A rivalry game can bring out the best in a player.
That’s the last remaining hope for Arizona as it heads into Friday night’s Territorial Cup matchup against Arizona State, trying to avoid a winless conference season. It’s a rivalry game. Anything can happen. Throw the records out the window (no, seriously, throw those awful records out the window).
The Wildcats, outmatched man-for-man — even by a 5-6 Arizona State team that has lost five in a row — have to cling to the notion that there exists an untapped reservoir of passion after eight consecutive defeats — the last five coming by an average of 34 points in games in which they have led for exactly zero seconds.
“We don’t have players like we had previously who just loved football,” senior Samajie Grant said Tuesday. “We just have a bunch of players who want to play football and be out there and say they wear a jersey and stuff like that.”

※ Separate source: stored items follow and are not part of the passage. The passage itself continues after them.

//! The writing of a heap's identity, so that a stop leaves no half of it.
ghost use Rattle.std.specs.Prelude.{◌≡◌, ◌⊎◌, ◌+◌, ◌<◌, ◌≤◌, ℕ, List, [], ◌∷◌, length, slice_index, OnOk, IsTrue};
ghost use Rattle.rom_device.specs.Device.{Does, IsSynced, Makes};
ghost use Rattle.rom_model.specs.Space.{ChangesOnly};
ghost use Rattle.rom_name.specs.Identities.{IsNamed, KeepsRegion, WritesEpoch, WritesGuarded, WritesIdentity, WritesName, identity_of};

use crate::identity::{EPOCH, Identity, LOW, NAME, SINCE};
use rom_device::{Device, Failed};
use rom_frame::HeapName;

/// Writes words from a place on and makes them certain, and then writes and makes certain the word that says that
/// they are there.
fn write_guarded<D: Device>(
    device: &mut D,
    at: u64,
    values: &[u64],
    place: u64,
    guard: u64,
) -> Result<(), Failed>
    requires fits { at + length values.now ≤ D.shown.size device.old }
    requires apart { (place < at) ⊎ (at + length values.now ≤ place) }
    requires inside { place < D.shown.size device.old }
    ensures guarded { IsTrue D.shown.tells_words →
        OnOk result (slice_index (D.shown.words device.new) place ≡ guard) }
    ensures written { IsTrue D.shown.tells_words → OnOk result ((k : ℕ) → k < length values.now →
        slice_index (D.shown.words device.new) (at + k) ≡ slice_index values.now k) }
    ensures certain { OnOk result (IsSynced D.shown device.new) }
    ensures does { Does D.shown (WritesGuarded at values.now place guard) device.old device.new }
    ensures makes { Makes D.shown 0 (length values.now + 1) 2 device.old device.new result }
{
    device.write_words(at, values)?;
    device.sync()?;
    device.write(place, guard)?;
    device.sync()
}

/// Writes the name of a heap. What the heap holds stays (`keeps` of `write_identity`).
pub fn write_name<D: Device>(device: &mut D, name: HeapName) -> Result<(), Failed>
    requires { 8 ≤ D.shown.size device.old }
    ensures written { IsTrue D.shown.tells_words →
        OnOk result ((identity_of (D.shown.words device.new)).name ≡ name) }
    ensures certain { OnOk result (IsSynced D.shown device.new) }
    // Whatever it answers, and where it is stopped: the name is as it was, or it is this one, and nothing else
    // differs that is read.
    ensures does { Does D.shown (WritesName name) device.old device.new }
    ensures makes { Makes D.shown 0 2 2 device.old device.new result }
{
    write_guarded(device, LOW, &[name.low], NAME, name.high)
}

/// Writes the epoch of a heap, and then the count at which it began. So a stop leaves no old epoch with a count that
/// is too high: copies that have parted would follow it. A new epoch with the old count is only followed by fewer.
pub fn write_epoch<D: Device>(device: &mut D, epoch: u64, since: u64) -> Result<(), Failed>
    requires { 8 ≤ D.shown.size device.old }
    ensures epoch { IsTrue D.shown.tells_words →
        OnOk result (slice_index (D.shown.words device.new) 6 ≡ epoch) }
    ensures since { IsTrue D.shown.tells_words →
        OnOk result (slice_index (D.shown.words device.new) 7 ≡ since) }
    ensures certain { OnOk result (IsSynced D.shown device.new) }
    // Whatever it answers, and where it is stopped: the count is as it was, or it is this one with its epoch.
    ensures does { Does D.shown (WritesEpoch epoch since) device.old device.new }
    ensures makes { Makes D.shown 0 2 2 device.old device.new result }
{
    write_guarded(device, EPOCH, &[epoch], SINCE, since)
}

/// Writes all of a heap's identity.
pub fn write_identity<D: Device>(device: &mut D, identity: &Identity) -> Result<(), Failed>
    requires { 8 ≤ D.shown.size device.old }
    ensures written { IsTrue D.shown.tells_words →
        OnOk result (identity_of (D.shown.words device.new) ≡ identity.now) }
    ensures certain { OnOk result (IsSynced D.shown device.new) }
    // Whatever it answers, and where it is stopped: the first word of the name is as it was, or the identity is
    // this one. So a heap without a name has none still, or all of this.
    ensures does { Does D.shown (WritesIdentity identity.now) device.old device.new }
    // Where these four words alone differ, the same region counts, with the same words: what a heap holds stays.
    ensures keeps { (x y : List ℕ) → ChangesOnly 4 4 x y → KeepsRegion x y }
    ensures makes { Makes D.shown 0 4 2 device.old device.new result }
{
    let Identity { name, epoch, since } = *identity;
    write_guarded(device, LOW, &[name.low, epoch, since], NAME, name.high)
}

If there is a team MVP, it’s Grant, who switched from receiver to running back at midseason and has played as hard, as tough, as well as anybody could expect from a guy who hadn’t played tailback since high school.
“I guess this season has taught me to not give up,” he said. “But I had that in me.”
He did. Too many of his teammates didn’t.
Grant is a senior, this is his last game, and he definitely has the floor to speak his mind.
How would he turn around this program? Start by giving some guys the boot.
“I mean, if you get rid of the weak links, that’s what it is,” he said.
“That’s just being honest. I can see it myself. It’s a lot of people who don’t love the game, and you can’t play college football if you don’t love it, or else you’re just going to be average, and that’s kind of a waste of time — a waste of our time for the players who love it to have to be playing on a team who doesn’t love it.”
That’s been coach Rich Rodriguez‘s mantra — he wants guys who love the game, not just like it. This team is filled — other than a couple of guys who played for Mike Stoops before taking Mormon missions — with his recruits. As RichRod said after last week’s 42-17 loss at Oregon State, talking about a host of issues, “it goes back to me in recruiting,” which is obvious, inarguable and the whole dang truth.
Have always appreciated Samajie Grant’s openness and he was pretty candid today about what needs to get fixed for Arizona to get back
— Matt Moreno (@MattGOAZCATS) November 22, 2016
Grant said he didn’t see the team’s collective lack of fire in the belly at the start of the season.
“I definitely didn’t. I was fooled,” he said.
“But you don’t find it out until bad things start happening. When you’re winning, everybody seems like they love it, everybody is having fun because the good stuff is going on. But after the losing, the second game, you could see who the weak links were and who were the players who didn’t love it.”
As an example, without names, he talked about guys who were relegated to special teams, who then didn’t play well on special teams but didn’t spend any extra time in the weight room or elsewhere to improve their performance or depth-chart standing.
“That’s kind of embarrassing because you would think somebody would want to work on it and get stronger and things like that,” Grant said. “That’s how I spotted them all out.”
Grant is a lead-by-example kind of player. He talked last week about “having a voice” with the team, but wasn’t sure what good it would do.
“What can I say to somebody to make them want to play harder?” Grant wondered. “If you just don’t have it in you, and I have to say it to you, then I probably don’t want to be playing next to you. There is no reason I should tell somebody, ‘Oh, let’s finish hard.'”
Maybe it can happen Friday night. Last game of the season. Rivalry. Let it all hang out. Finish hard.
“We’re going to have to come out first play rocking,” Grant said.
But what if the Wildcats don’t? They haven’t led since early in the second half against Utah on Oct. 8. If ASU gets a lead, then what? Will it lead to another blow loss, a final indignity?
Grant does have a voice. And, without even raising it Tuesday, he used it.
“How can a person play and not give his all?” he said. “It don’t even feel right.”
Arizona has one last chance to at least get that part right against Arizona State.